Wpis z mikrobloga

Nudzi mi się to pomyślałam, że opiszę wam jak wyglądają procedury przy wezwaniu do próby samobójczej.
Jeśli ktoś zgłosi podejrzenie ataku na własne życie przyjeżdża do was policja i mogą otworzyć sobie sami drzwi. Rozmawiają z wami czy chcecie się zabić i czy macie myśli samobójcze.
Oni zawsze wzywają karetkę.
Ludzie z karetki są zazwyczaj niemili i tutaj wywiad jest najważniejszy.
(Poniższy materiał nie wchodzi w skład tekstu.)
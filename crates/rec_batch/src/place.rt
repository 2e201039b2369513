ghost use Rattle.std.specs.Prelude.{◌≡◌, ◌≤◌, ◌<◌, ◌^◌, ◌+ℤ◌, ◌<ℤ◌, pos, length, List};
ghost use Rattle.rec_batch.specs.Fields.{last_offset_delta};
ghost use Rattle.rec_batch.specs.Grammar.{Record};
ghost use Rattle.rec_batch.specs.Batches.{IsBatch};
ghost use Rattle.rec_batch.specs.Placing.{placed};

use crate::form::Form;

#[tactic(auto, unfolding(crate::specs::Placing::placed))]
fn set_place(bytes: &mut [u8], base: u64)
    requires { 61 ≤ length bytes.old }
    ensures { bytes.new ≡ placed base bytes.old }
{
    let (offset, behind) = bytes.split_at_mut(8);
    offset.copy_from_slice(&base.to_be_bytes());
    let (_, behind) = behind.split_at_mut(4);
    let (epoch, _) = behind.split_at_mut(4);
    epoch.copy_from_slice(&[0; 4]);
}

/// Gives a batch of at least 61 bytes its place in a log: sets its base offset, which is below 2^62,
/// and its leader epoch to 0.
///
/// The checksum is over neither field, so it stands as it is.
pub fn place_batch(bytes: &mut [u8], base: u64)
    requires size { 61 ≤ length bytes.old }
    requires below { base < 2 ^ 62 }
    ensures value { bytes.new ≡ placed base bytes.old }
    // A batch whose last offset is below 2^62 is one that a log keeps, with the same records.
    ensures stands { (form : Form) (records : List Record) → IsBatch form bytes.old records
        → (pos base +ℤ last_offset_delta bytes.old) <ℤ pos (2 ^ 62)
        → IsBatch Form.Stored bytes.new records }
{
    set_place(bytes, base);
}
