// One pass over the records of a batch.
ghost use Rattle.std.specs.Prelude.{◌≡◌, ◌+ℤ◌, pos, ◌<◌, ◌^◌, IsTrue, ◌↔◌, IfOk, IfErr};
ghost use Rattle.rec_batch.specs.Batches.{IsBadRecord, MayFollow};
ghost use Rattle.rec_batch.specs.Verdicts.{DueAfter, Walks};

use crate::form::Form;
use crate::passing::record;

fn may_follow(form: Form, last: i32, next: i64, delta: i32) -> bool
    ensures { IsTrue result ↔ MayFollow form last next delta }
{
    match form {
        Form::Produced => i64::from(delta) == next,
        Form::Stored => next <= i64::from(delta) && delta <= last,
    }
}

// The delta that is due behind this one, or nothing where it or one before it doesn't follow.
fn due_after(form: Form, last: i32, due: Option<i64>, delta: i32) -> Option<i64>
    ensures { DueAfter form last due delta result }
{
    match due {
        None => None,
        Some(next) => {
            if may_follow(form, last, next, delta) {
                Some(i64::from(delta) + 1)
            } else {
                None
            }
        }
    }
}

/// Whether the offset deltas of so many records follow; else the index of the record that isn't one.
pub fn walk(form: Form, last: i32, count: u32, content: &[u8]) -> Result<bool, u32>
    ensures ok { IfOk result (Walks form last content.now count) }
    ensures err { IfErr result (IsBadRecord content.now count) }
{
    let mut due = Some(0);
    let mut rest = content;
    for index in 0..count {
        let Some((delta, after)) = record(rest) else {
            return Err(index);
        };
        due = due_after(form, last, due, delta);
        rest = after;
    }
    if rest.is_empty() {
        Ok(due.is_some())
    } else {
        Err(count)
    }
}
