// Where the records of a batch stand.
ghost use Rattle.std.specs.Prelude.{◌≡◌, ◌≤◌, ◌<◌, ◌<ℤ◌, ◌++◌, ◌∷◌, [], pos, length, List, ℕ, MatchOption};
ghost use Rattle.std.specs.Option.{option_map};
ghost use Rattle.rec_batch.specs.Batches.{at_least_zero};
ghost use Rattle.rec_batch.specs.Grammar.{Record};
ghost use Rattle.rec_batch.specs.Pieces.{delta_in, parts_in, pieces_in};
ghost use Rattle.rec_batch.specs.Places.{ShowsValue, SplitsAt};

use crate::passing::{byte, nullable, split, varint, varlong};

/// A record of a batch, told by places of the batch.
#[derive(Clone, Copy)]
pub struct RecordAt {
    /// How far its offset is behind the batch's base offset.
    pub delta: u32,
    /// The place and the number of bytes of its value. `None` where that is null.
    pub value: Option<(u32, u32)>,
    /// The place behind it, where the next record begins, if there is one.
    pub next: u32,
}

/// The offset delta of a record, the length before its value, and how many bytes stand in the record behind that length,
/// and behind the record.
#[derive(Clone, Copy)]
pub struct Pieces {
    pub delta: i32,
    pub len: i32,
    pub left: usize,
    pub behind: usize,
}

// The body of a record, and what follows the record.
#[tactic(auto, unfolding(crate::specs::Pieces::parts_in))]
fn parts(bytes: &[u8]) -> Option<(&[u8], &[u8])>
    ensures { option_map (λ x. (x.0.now, x.1.now)) result ≡ parts_in bytes.now }
{
    let (length, after) = varint(bytes)?;
    split(after, length)
}

// The offset delta of a body, and what stands from the value on.
#[tactic(auto, unfolding(crate::specs::Pieces::delta_in))]
fn to_value(bytes: &[u8]) -> Option<(i32, &[u8])>
    ensures { option_map (λ x. (x.0, x.1.now)) result ≡ delta_in bytes.now }
{
    let rest = byte(bytes)?;
    let (_, rest) = varlong(rest)?;
    let (delta, rest) = varint(rest)?;
    let rest = nullable(rest)?;
    Some((delta, rest))
}

#[tactic(auto, unfolding(crate::specs::Pieces::pieces_in))]
fn read_pieces(bytes: &[u8]) -> Option<Pieces>
    ensures { result ≡ pieces_in bytes.now }
{
    let (body, behind) = parts(bytes)?;
    let (delta, value) = to_value(body)?;
    let (len, left) = varint(value)?;
    Some(Pieces {
        delta,
        len,
        left: left.len(),
        behind: behind.len(),
    })
}

fn from_zero(delta: i32) -> u32
    ensures { result ≡ at_least_zero delta }
{
    if delta < 0 { 0 } else { delta as u32 }
}

fn value_at(place: u32, len: i32) -> Option<(u32, u32)>
    ensures { MatchOption result (len <ℤ pos 0) (λ v. (v.0 ≡ place) × (pos v.1 ≡ len)) }
{
    if len < 0 {
        None
    } else {
        Some((place, len as u32))
    }
}

/// The record that begins at a place of a stored batch, which [`read_batch`](crate::read_batch) accepts. It takes no
/// memory.
///
/// The first record begins at 61, and each other one at `next` of the one before it; the last one's `next` is the
/// number of bytes of the batch.
pub fn record_at(bytes: &[u8], place: u32) -> RecordAt
    requires begins { (before : List Record) × (r : Record) × (behind : List Record) × SplitsAt bytes.now place before (r ∷ behind) }
    ensures delta { (before behind : List Record) (r : Record) → SplitsAt bytes.now place before (r ∷ behind) → pos result.delta ≡ r.offset_delta }
    ensures value { (before behind : List Record) (r : Record) → SplitsAt bytes.now place before (r ∷ behind) → ShowsValue bytes.now r result }
    ensures next { (before behind : List Record) (r : Record) → SplitsAt bytes.now place before (r ∷ behind) →
        SplitsAt bytes.now result.next (before ++ r ∷ []) behind }
{
    let (_, rest) = bytes.split_at(place as usize);
    let Some(found) = read_pieces(rest) else {
        unreachable!()
    };
    let next = (bytes.len() - found.behind) as u32;
    RecordAt {
        delta: from_zero(found.delta),
        value: value_at(next - found.left as u32, found.len),
        next,
    }
}
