use share_model::Blob;

/// A record to be written: its key and its value, each of which is null where it is `None`.
#[derive(Drop)]
pub struct Rec {
    pub key: Option<Blob>,
    pub value: Option<Blob>,
}
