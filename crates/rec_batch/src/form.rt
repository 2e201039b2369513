/// Which of a batch's rules apply.
#[derive(Clone, Copy)]
pub enum Form {
    /// As a producer sends it: its offsets count up from 0, and its base offset says nothing yet.
    Produced,
    /// As a log keeps it: it has its base offset, and records may have been taken out of it.
    Stored,
}

/// The numbers of a batch's header.
#[derive(Clone, Copy)]
pub struct BatchView {
    /// The offset of the first slot; 0 where a produced batch has a number below 0 there.
    pub base: u64,
    /// How far the last slot is behind the first.
    pub last_delta: u32,
    /// The number of records.
    pub count: u32,
    /// The number of bytes, the header's included.
    pub size: u32,
}
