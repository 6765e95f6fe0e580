// The public routines over the tables' image, where it lies: emptying the dock, the order test, the dock's own check, and the step that
// serves one request. None asks anything of its caller.

#![tactic(auto)]

ghost use Rattle.std.specs.Prelude.{◌≡◌};
ghost use Rattle.machine.specs.Refusal.{said};
ghost use Rattle.lending.specs.Host.{EmptiesImage, order_of, check_image, lent_refusal, StepsLent};

use image::IMAGE;
use machine::{Answer, Refusal, Request};
use op_sheets::{SHEET, STORE};
use tables::Name;

// Tables without tickets or entries, which are zeros, and a store of zeros; with a store of another length 13, empty tables and the store
// untouched; with an image of another length 13, and nothing changes.
pub fn empty(tables: &mut [u8], store: &mut [u8]) -> Result<(), Refusal>
    ensures { EmptiesImage tables.old store.old (said result) tables.new store.new }
{
    if tables.len() != IMAGE {
        return Err(Refusal::Length);
    }
    op_sheets::clear(tables);
    if store.len() != STORE {
        return Err(Refusal::Length);
    }
    op_sheets::clear(store);
    Ok(())
}

// 13 another length than an image has, 14 no tables or tables that are not in order.
#[tactic(auto, using(op_check::proofs::Chains::chain), unfolding(lending::specs::Host::order_of, lending::specs::Batch::tables_ok))]
pub fn in_order(tables: &[u8]) -> Result<(), Refusal>
    ensures { said result ≡ order_of tables.now }
{
    let Some(image) = tables.as_array() else {
        return Err(Refusal::Length);
    };
    if !order::image_in_order(image) {
        return Err(Refusal::NotInOrder);
    }
    Ok(())
}

// The dock's own check: 13, 14, 3, 12, 6 or 7.
#[tactic(auto, using(crate::proofs::Checking::check_parts))]
pub fn check(tables: &[u8], n: Name, sheet: u16, right: u16) -> Result<(), Refusal>
    ensures { said result ≡ check_image tables.now n.pad n.program n.number sheet right }
{
    in_order(tables)?;
    let e = image_find::entry(tables.as_array().unwrap(), n);
    op_check::check(e, usize::from(sheet), right)
}

// What comes before every request: 13 or 14, from the image and the lengths of store and sheet buffer.
#[tactic(auto, using(op_check::proofs::Chains::chain), unfolding(lending::specs::Host::order_of, lending::specs::Host::lent_refusal, lending::specs::Batch::tables_ok))]
pub fn refusal(tables: &[u8], store: usize, sheet: usize) -> Result<(), Refusal>
    ensures { said result ≡ lent_refusal tables.now store sheet }
{
    if store != STORE || sheet != SHEET {
        return Err(Refusal::Length);
    }
    in_order(tables)
}

// 13, 14, 1, 2, 3, then the operation.
pub fn step(tables: &mut [u8], store: &mut [u8], sheet: &mut [u8], r: Request) -> Answer
    ensures { StepsLent tables.old store.old sheet.old r result tables.new store.new sheet.new }
{
    if let Err(refusal) = refusal(tables, store.len(), sheet.len()) {
        return Answer::refused(refusal);
    }
    op_serve::request(tables, store, sheet, r)
}
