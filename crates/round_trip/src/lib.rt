// Theorems about text: what is written is read as it was, and what is read is what would be written. They stand in proofs/; there is no code.

#![tactic(auto)]
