// Words, of one size or another, copied from list to list.
#![tactic(auto)]

ghost use Rattle.std.specs.Prelude.{◌≡◌};
ghost use Rattle.copies.specs.Copies.{words_put, words_from};

// Puts words into a list from a place on, and none where they don't all fit.
pub fn put_words<T: Copy>(words: &mut [T], at: usize, from: &[T])
    ensures { words.new ≡ words_put words.old at from.now }
{
    if words.len() < from.len() {
        return;
    }
    if words.len() - from.len() < at {
        return;
    }
    words[at..at + from.len()].copy_from_slice(from);
}

// So many words of a list from a place on, and blank ones where it doesn't have so many.
#[inline(always)] // keeps the stack that the C header states: one copy of the words less
pub fn words_from<T: Copy, const N: usize>(words: &[T], at: usize, blank: T) -> [T; N]
    ensures { result ≡ words_from N blank words.now at }
{
    if words.len() < N {
        return [blank; N];
    }
    if words.len() - N < at {
        return [blank; N];
    }
    let mut copy = [blank; N];
    copy.copy_from_slice(&words[at..at + N]);
    copy
}
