// Which of two maps is handed back: definitions, laws, and the answer's form. No code.
#![tactic(auto)]

// Which of two maps is handed back.
#[derive(Clone, Copy, Debug, PartialEq, Eq)]
pub enum Which {
    First,
    Second,
}
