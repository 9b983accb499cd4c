// The approximation B kept as its lower triangle, row by row: where its entries stand, the square that it stands for, and the square form's kernels on that.
#![tactic(auto)]

ghost use Rattle.std.specs.Prelude.{◌≡◌, ℕ, ◌+◌, ◌*◌, ◌-◌, ◌≤◌, ◌<◌, ◌++◌, length, take};
ghost use Rattle.numbers.specs.Numbers.{Σ, at, tab, ◌⊗◌};
ghost use Rattle.hessian.specs.inner.Work.{FactorMade};
ghost use Rattle.hessian_packed.specs.Packed.{count, place, packed, unpacked, identity, times, cholesky, update};

// ---- where the entries stand

// How many numbers n rows have.
pub fn count_of(n: usize) -> usize
    requires { n ≤ 16 }
    ensures { result ≡ count n }
{
    n * (n + 1) / 2
}

// Row i of the square from the diagonal on: column i of the triangle.
fn cross(n: usize, p: &[f64], x: &mut [f64], i: usize)
    requires { (n ≤ 16) × (i < n) × (length p.now ≡ count n) × (length x.old ≡ n) }
    ensures { x.new ≡ take i x.old ++ tab (n - i) (λ t. at p.now (count (i + t) + i)) }
{
    let mut q = count_of(i) + i;
    let c = n - i;
    for t in 0..c {
        x[i + t] = p[q];
        q += i + t + 1;
    }
}

// Row i of the square that p stands for.
fn unpack_row(n: usize, p: &[f64], x: &mut [f64], i: usize)
    requires { (n ≤ 16) × (i < n) × (length p.now ≡ count n) × (length x.old ≡ n) }
    ensures { x.new ≡ tab n (λ j. at p.now (place i j)) }
{
    let a = count_of(i);
    let e = a + (i + 1);
    workspace::load(&p[a..e], x, 0, i + 1);
    cross(n, p, x, i);
}

// The square that p stands for.
fn unpack(n: usize, p: &[f64], square: &mut [f64])
    requires { (n ≤ 16) × (length p.now ≡ count n) × (length square.old ≡ n * n) }
    ensures { square.new ≡ unpacked n p.now }
{
    for i in 0..n {
        let a = i * n;
        let e = a + n;
        unpack_row(n, p, &mut square[a..e], i);
    }
}

// The lower triangle of the square.
fn pack(n: usize, square: &[f64], p: &mut [f64])
    requires { (n ≤ 16) × (length square.now ≡ n * n) × (length p.old ≡ count n) }
    ensures { p.new ≡ packed n square.now }
{
    for i in 0..n {
        let a = count_of(i);
        let e = a + (i + 1);
        workspace::unload(square, &mut p[a..e], i * n, i + 1);
    }
}

// ---- the product

// The product of row i of the square and v, from what it is up to the diagonal.
fn go_on(n: usize, p: &[f64], v: &[f64], i: usize, start: f64) -> f64
    requires { (n ≤ 16) × (i < n) × (length p.now ≡ count n) × (length v.now ≡ n) × (start ≡ Σ (i + 1) (λ j. at p.now (place i j) ⊗ at v.now j)) }
    ensures { result ≡ Σ n (λ j. at p.now (place i j) ⊗ at v.now j) }
{
    let mut total = start;
    let a = i + 1;
    let mut q = count_of(a) + i;
    for j in a..n {
        total = total + p[q] * v[j];
        q += j + 1;
    }
    total
}

// The product of row i of the square and v.
fn row_times(n: usize, p: &[f64], v: &[f64], i: usize) -> f64
    requires { (n ≤ 16) × (i < n) × (length p.now ≡ count n) × (length v.now ≡ n) }
    ensures { result ≡ Σ n (λ j. at p.now (place i j) ⊗ at v.now j) }
{
    let a = count_of(i);
    let e = a + (i + 1);
    let start = numbers::dot(i + 1, &p[a..e], v);
    go_on(n, p, v, i, start)
}

// B v, written to `out`.
pub fn times_into(n: usize, p: &[f64], v: &[f64], out: &mut [f64])
    requires { (n ≤ 16) × (length p.now ≡ count n) × (length v.now ≡ n) × (length out.old ≡ n) }
    ensures { out.new ≡ times n p.now v.now }
{
    for i in 0..n {
        out[i] = row_times(n, p, v, i);
    }
}

// ---- the others, each by the square form's kernel, with room for the square

// The identity, written to `out`.
pub fn identity_into(n: usize, out: &mut [f64], square: &mut [f64])
    requires { (n ≤ 16) × (length out.old ≡ count n) × (length square.old ≡ n * n) }
    ensures { out.new ≡ identity n }
{
    hessian::identity_into(n, square);
    pack(n, square, out);
}

// Room for a factor that may break off.
fn factor_room() -> [f64; 256]
    ensures { 256 ≡ length result }
{
    [0.0; 256]
}

// The factor, square, written to `out` where it is whole.
pub fn factor_into(
    n: usize,
    p: &[f64],
    out: &mut [f64],
    square: &mut [f64],
) -> Result<(), workspace::Refusal>
    requires { (n ≤ 16) × (length p.now ≡ count n) × (length out.old ≡ n * n) × (length square.old ≡ n * n) }
    ensures { FactorMade (cholesky n p.now) result out.old out.new }
{
    unpack(n, p, square);
    let mut room = factor_room();
    let m = n * n;
    hessian::factor_into(n, square, out, &mut room[..m])
}

// Room for Bs and r.
fn side_room() -> [f64; 32]
    ensures { 32 ≡ length result }
{
    [0.0; 32]
}

// The damped update of p, in its place.
pub fn renew(n: usize, p: &mut [f64], s: &[f64], y: &[f64], square: &mut [f64])
    requires { (n ≤ 16) × (length p.old ≡ count n) × (length s.now ≡ n) × (length y.now ≡ n) × (length square.old ≡ n * n) }
    ensures { p.new ≡ update n p.old s.now y.now }
{
    unpack(n, p, square);
    let mut room = side_room();
    let m = n + n;
    hessian::renew(n, square, s, y, &mut room[..m]);
    pack(n, square, p);
}
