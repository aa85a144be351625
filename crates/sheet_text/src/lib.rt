// The sheet of a table's text: the lines of its rows, or the line of its refusal.

#![tactic(auto)]

ghost use Rattle.std.specs.Prelude.{◌≡◌, [], ◌*◌, length};
ghost use Rattle.calendar.specs.Limits.{entry_limit, heading_length};
ghost use Rattle.calendar.specs.Lists.{filled};
ghost use Rattle.calendar.specs.Outcome.{outcome};
ghost use Rattle.table_text.specs.Text.{sheet_pool};
ghost use Rattle.table_text.specs.Sheet as Sheet;
ghost use Rattle.sheet_lines.specs.Laid.{Laid};
ghost use Rattle.sheet_text.specs.Left.{SheetLeft};

use calendar::{ENTRY_LIMIT, Refusal};
use conversion::{ConversionError, HEADING_LENGTH};
use entries::ENTRY_LENGTH;
use table_text::TABLE_LENGTH;

// Enough for any sheet: 4,096 cells of at most 12 bytes each, and 64 lines with at most 10 bytes beside their cells.
pub const SHEET_LIMIT: usize = 49792;

// How many cells the pool has.
const SHEET_POOL: usize = 4096;

// Makes every byte zero.
fn clear(out: &mut [u8])
    ensures { out.new ≡ filled (length out.old) 0 [] }
{
    out.fill(0);
}

// Converts a table and lays the lines of what comes of it, with lists for the conversion.
fn lay_converted(table: &[i32], headings: &mut [u32], pool: &mut [i32], out: &mut [u8]) -> usize
    requires { (length headings.old ≡ heading_length * entry_limit) × (length pool.old ≡ sheet_pool) }
    ensures { Laid (Sheet.printed (outcome table.now entry_limit sheet_pool)) out.old result out.new }
{
    let converted = conversion::convert(table, &mut *headings, &mut *pool);
    match converted {
        Err(ConversionError { number, entry }) => {
            sheet_lines::write_refusal(&mut *out, 0, number, entry)
        }
        Ok(()) => {
            let n = table.len() / ENTRY_LENGTH;
            sheet_lines::write_rows(&mut *out, 0, &headings[..], &pool[..], n)
        }
    }
}

// Converts a table and lays the lines of what comes of it.
fn lay_table(table: &[i32], out: &mut [u8]) -> usize
    ensures { Laid (Sheet.printed (outcome table.now entry_limit sheet_pool)) out.old result out.new }
{
    let mut headings = [0u32; HEADING_LENGTH * ENTRY_LIMIT];
    let mut pool = [0i32; SHEET_POOL];
    lay_converted(table, &mut headings, &mut pool, &mut *out)
}

// Lays the sheet of a text, as much of it as fits.
fn lay_sheet(text: &[u8], out: &mut [u8]) -> usize
    ensures { Laid (Sheet.sheet text.now) out.old result out.new }
{
    let mut table = [0i32; TABLE_LENGTH];
    let reading = table_text::read_table(text, &mut table);
    match reading {
        Err(line) => {
            let refusal = Refusal::TextNotAllowed;
            sheet_lines::write_refusal(&mut *out, 0, refusal.number(), line)
        }
        Ok(n) => lay_table(&table[..n], &mut *out),
    }
}

// Writes the sheet of a text into a list, with zeros behind it. A list that is too short for it is left all zero; one of SHEET_LIMIT bytes never is.
pub fn sheet(text: &[u8], out: &mut [u8]) -> Option<usize>
    ensures { SheetLeft text.now (length out.old) result out.new }
{
    clear(&mut *out);
    let n = lay_sheet(text, &mut *out);
    if n <= out.len() {
        return Some(n);
    }
    clear(&mut *out);
    None
}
Jak dobrze ściemnicie to wszyscy sobie pójdą. Po oddziałach psychiatrycznych latają tipy jak ich oszukać, co mówić i czego nie.
Jeśli nie ściemnicie to w asyście policji jedziecie karetka do szpitala psychiatrycznego. Tam rozmawiacie z psychiatrą i jeśli nadal ściemniacze, że nie wiecie o co chodzi to każe wam podpisać oświadczenie, że nie macie żadnych zamiarów samobójczych.
Jeśli jednak nie umiecie ściemniać to dostajecie tzw. jedynkę.
Jest to specyfikacja tego jak pacjent nadaje się do leczenia oddziałowego.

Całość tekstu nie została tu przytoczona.